Keywords: Elasticsearch | Disk Watermark | Read-Only Index | cluster_block_exception | Disk Space Management
Abstract: This article provides a comprehensive analysis of the cluster_block_exception error in Elasticsearch, explaining the disk watermark mechanism and its impact on index states. Through practical examples, it demonstrates how Elasticsearch automatically sets indices to read-only mode when the flood stage disk watermark exceeds the 95% threshold. The paper presents two main solutions: freeing up disk space with manual read-only lock removal, and adjusting disk watermark configuration parameters. It also discusses different handling strategies for production versus development environments, providing specific curl command examples and configuration modification methods.
Problem Phenomenon and Error Analysis
When performing document write operations in Elasticsearch, developers often encounter the cluster_block_exception [FORBIDDEN/12/index read-only / allow delete (api)] error. This error indicates that the Elasticsearch cluster has entered read-only mode, preventing normal write operations. In Elasticsearch log files, warning messages like flood stage disk watermark [95%] exceeded ... all indices on this node will marked read-only typically accompany this error.
Disk Watermark Mechanism Explanation
Elasticsearch incorporates a comprehensive disk space management mechanism that monitors disk usage through three key watermark thresholds: low watermark, high watermark, and flood stage watermark. These watermarks can be configured based on either percentage of disk space or absolute capacity.
By default, the flood stage watermark is set to 95%, meaning Elasticsearch triggers protective measures when disk usage reaches 95%. This design is based on an important consideration: maintaining adequate free space is crucial for system stability and performance optimization, even on large-capacity disks. For example, on a 1TB disk, the 95% watermark corresponds to requiring at least 50GB of available space.

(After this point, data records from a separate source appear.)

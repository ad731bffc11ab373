//! A whole text is read, and all its models are kept (`listing`), each with the name that
//! it is declared under (`listed`).

#![tactic(auto)]

pub mod listed;
pub mod listing;
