//! All models of a text, and what is known afterwards.

ghost use Rattle.std.specs.Prelude.{◌≡◌, [], IfOk};
ghost use Rattle.listing.specs.Keeping.{GatheredBy};
ghost use Rattle.listing.specs.Listings.{ListingOf, ListsOne};

use crate::listed::{Listed, keep};
use names::vocabulary::Vocabulary;
use parts::part::{MOST_PARTS, Part};
use std::alloc::{AllocError, Global};
use text::fault::TextFault;
use text::notation::Notation;
use text::reader::Reader;
use text::refusal::ReadRefusal;

/// What a text declares.
#[derive(Drop)]
pub struct Listing<'t> {
    /// in the order of the text: all declarations, or those before its first fault
    pub elements: Vec<Listed<'t>>,
    /// none where the whole text was read
    pub fault: Option<TextFault>,
    /// the names known before, with those of the elements, and one text more
    pub vocabulary: Vocabulary,
}

// Adds what the reader gives, until none is left or a fault comes, which it gives back.
fn gather<'t, N: Notation + Drop>(
    heap: Global,
    reader: &mut Reader<'t, N>,
    elements: &mut Vec<Listed<'t>>,
) -> Result<Option<TextFault>, AllocError>
    requires { (reader.old.notation ≡ N.which) × (reader.old.given ≡ 0) × (elements.old.items ≡ []) }
    ensures { IfOk result (λ fault. GatheredBy reader.old reader.new elements.new.items fault) }
{
    let mut sheet = [Part::BLANK; MOST_PARTS];
    loop {
        match reader.next(&mut sheet) {
            Ok(Some(declared)) => keep(heap, declared, &sheet, elements)?,
            Ok(None) => return Ok(None),
            Err(ReadRefusal::Text(fault)) => return Ok(Some(fault)),
            Err(ReadRefusal::SheetLength { .. } | ReadRefusal::Table(_)) => unreachable(),
        }
    }
}

/// Reads a whole text, over the names known so far, and keeps all its models. The only error
/// is want of memory; the vocabulary is lost with it, so the program then ends.
pub fn list<'t, N: Notation + Drop>(
    heap: Global,
    notation: N,
    vocabulary: Vocabulary,
    text: &'t [u8],
) -> Result<Listing<'t>, AllocError>
    ensures listing { IfOk result (λ listing. ListingOf N.which vocabulary text.now listing) }
    ensures one { ListsOne N.which }
{
    let mut reader = Reader::open(notation, vocabulary, text);
    let mut elements = Vec::new(heap);
    match gather(heap, &mut reader, &mut elements) {
        Ok(fault) => Ok(Listing {
            elements,
            fault,
            vocabulary: reader.close(),
        }),
        Err(error) => Err(error),
    }
}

Solution One: Freeing Up Disk Space
The most direct solution involves cleaning up disk space to ensure available space exceeds the flood stage watermark threshold. However, it's important to note that even when disk space returns to safe levels, Elasticsearch does not automatically remove the read-only status from indices. Developers need to manually execute the following command to reset the read-only attribute of indices:
curl -XPUT -H "Content-Type: application/json" https://[YOUR_ELASTICSEARCH_ENDPOINT]:9200/_all/_settings -d '{"index.blocks.read_only_allow_delete": null}'
This command uses Elasticsearch's REST API to modify settings for all indices, resetting the index.blocks.read_only_allow_delete property to null, thereby removing the read-only restriction.
Solution Two: Adjusting Watermark Configuration
In certain scenarios, particularly in development environments or for specific business requirements, adjusting the default watermark configuration may be more appropriate. Elasticsearch allows dynamic modification of these parameters through the cluster settings API:
PUT _cluster/settings
{
"transient": {
"cluster.routing.allocation.disk.watermark.low": "100gb",
"cluster.routing.allocation.disk.watermark.high": "50gb",
"cluster.routing.allocation.disk.watermark.flood_stage": "10gb",
"cluster.info.update.interval": "1m"
}
}
In this configuration example, we switch the watermarks from percentage-based to absolute capacity-based. The low watermark is set to 100GB, high watermark to 50GB, and flood stage to 10GB. Additionally, the cluster information update interval is adjusted to 1 minute to ensure timely monitoring of disk status.
Environmental Differences and Best Practices
The choice between solutions depends on the specific usage environment. In production environments, prioritizing disk space cleanup is recommended as it aligns with the system's design intent—protecting data integrity. In development or testing environments, appropriately adjusting watermark configurations can avoid frequent maintenance operations.
Referencing actual cases, Elasticsearch instances running in Docker environments are equally affected by these mechanisms. As shown in the reference article, even when containers are allocated sufficient memory (such as 16GB), insufficient disk space will still trigger read-only protection. This reminds us that in containerized deployments, we must not only focus on memory configuration but also ensure persistent storage has adequate capacity.
Preventive Measures and Monitoring Recommendations
To prevent recurrence of similar issues, establishing a comprehensive disk space monitoring system is advised. Real-time tracking of disk usage can be achieved through Elasticsearch's built-in monitoring features or third-party monitoring tools. Additionally, regular cleanup of unnecessary index data, optimization of index mappings, and enabling index lifecycle management (ILM) can effectively prevent disk space shortages.
For large-scale production environments, implementing shard allocation filtering strategies to distribute indices across different data nodes can prevent excessive disk pressure on individual nodes. This distributed storage approach not only enhances system fault tolerance but also better balances disk load.